MATERIAL PROVIDED ->
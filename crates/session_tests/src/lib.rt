//! Tests of sessions over links in memory, with the hub behind a gate: what a peer may send that is
//! no value, and links that end and fail at each place.
#![tactic(auto)]

#[cfg(test)]
mod bad_bytes;
#[cfg(test)]
mod counted;
#[cfg(test)]
mod drip;
#[cfg(test)]
mod gates;
#[cfg(test)]
mod puts;
#[cfg(test)]
mod sessions;
#[cfg(test)]
mod takes;
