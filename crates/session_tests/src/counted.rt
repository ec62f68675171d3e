//! A seat whose steps are counted.
use hub_machine::{Reply, Step};
use srv_turns::{Behind, Turns};
use std::sync::Wait;
use turn_gate::GateFault;

/// How many steps of a connection were committed, of each kind that its reader may commit but for
/// work.
#[derive(Clone, Copy, Debug, PartialEq, Eq)]
pub struct Counts {
    pub packets: u64,
    pub bads: u64,
    pub closes: u64,
}

impl Counts {
    pub fn none() -> Counts {
        Counts {
            packets: 0,
            bads: 0,
            closes: 0,
        }
    }

    fn note(&mut self, step: &Step) {
        match step {
            Step::Packet(_, _) => self.packets = self.packets.saturating_add(1),
            Step::Bad(_, _) => self.bads = self.bads.saturating_add(1),
            Step::Close(_) => self.closes = self.closes.saturating_add(1),
            _ => {}
        }
    }
}

/// A caller whose steps are counted. While it rests, another caller closes connection 1.
#[derive(Drop)]
pub struct Counted<T, U> {
    pub turns: T,
    pub other: U,
    pub counts: Counts,
}

impl<T: Turns, U: Turns> Turns for Counted<T, U> {
    ghost pairs = { λ s. T.pairs s.turns };

    ghost spent = { λ s. T.spent s.turns };

    ghost lost = { λ s. T.lost s.turns };

    fn commit<R: Wait>(&mut self, rt: &R, step: Step) -> Result<Reply, GateFault> {
        self.counts.note(&step);
        self.turns.commit(rt, step)
    }

    fn commit_row<R: Wait>(
        &mut self,
        rt: &R,
        step: Step,
        behind: Behind,
        replies: &mut Vec<Reply>,
    ) -> Result<(), GateFault> {
        self.counts.note(&step);
        self.turns.commit_row(rt, step, behind, replies)
    }

    fn rest<R: Wait>(&mut self, rt: &R) {
        let _ = self.other.commit(rt, Step::Close(1));
    }

    fn has_ended<R: Wait>(&mut self, rt: &R, connection: u32) -> bool {
        self.turns.has_ended(rt, connection)
    }
}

YOUR OBJECTIVE ->
Return each line above precisely as written.

WRITTEN ANSWER ->
filename crates/session_tests/src/lib.rt
//! Tests of sessions over links in memory, with the hub behind a gate: what a peer may send that is
//! no value, and links that end and fail at each place.
#![tactic(auto)]

#[cfg(test)]
mod bad_bytes;
#[cfg(test)]
mod counted;
#[cfg(test)]
mod drip;
#[cfg(test)]
mod gates;
#[cfg(test)]
mod puts;
#[cfg(test)]
mod sessions;
#[cfg(test)]
mod takes;
filename crates/session_tests/src/counted.rt
repository ec62f68675171d3e
//! A seat whose steps are counted.
use hub_machine::{Reply, Step};
use srv_turns::{Behind, Turns};
use std::sync::Wait;
use turn_gate::GateFault;

/// How many steps of a connection were committed, of each kind that its reader may commit but for
/// work.
#[derive(Clone, Copy, Debug, PartialEq, Eq)]
pub struct Counts {
    pub packets: u64,
    pub bads: u64,
    pub closes: u64,
}

impl Counts {
    pub fn none() -> Counts {
        Counts {
            packets: 0,
            bads: 0,
            closes: 0,
        }
    }

    fn note(&mut self, step: &Step) {
        match step {
            Step::Packet(_, _) => self.packets = self.packets.saturating_add(1),
            Step::Bad(_, _) => self.bads = self.bads.saturating_add(1),
            Step::Close(_) => self.closes = self.closes.saturating_add(1),
            _ => {}
        }
    }
}

/// A caller whose steps are counted. While it rests, another caller closes connection 1.
#[derive(Drop)]
pub struct Counted<T, U> {
    pub turns: T,
    pub other: U,
    pub counts: Counts,
}

impl<T: Turns, U: Turns> Turns for Counted<T, U> {
    ghost pairs = { λ s. T.pairs s.turns };

    ghost spent = { λ s. T.spent s.turns };

    ghost lost = { λ s. T.lost s.turns };

    fn commit<R: Wait>(&mut self, rt: &R, step: Step) -> Result<Reply, GateFault> {
        self.counts.note(&step);
        self.turns.commit(rt, step)
    }

    fn commit_row<R: Wait>(
        &mut self,
        rt: &R,
        step: Step,
        behind: Behind,
        replies: &mut Vec<Reply>,
    ) -> Result<(), GateFault> {
        self.counts.note(&step);
        self.turns.commit_row(rt, step, behind, replies)
    }

    fn rest<R: Wait>(&mut self, rt: &R) {
        let _ = self.other.commit(rt, Step::Close(1));
    }

    fn has_ended<R: Wait>(&mut self, rt: &R, connection: u32) -> bool {
        self.turns.has_ended(rt, connection)
    }
}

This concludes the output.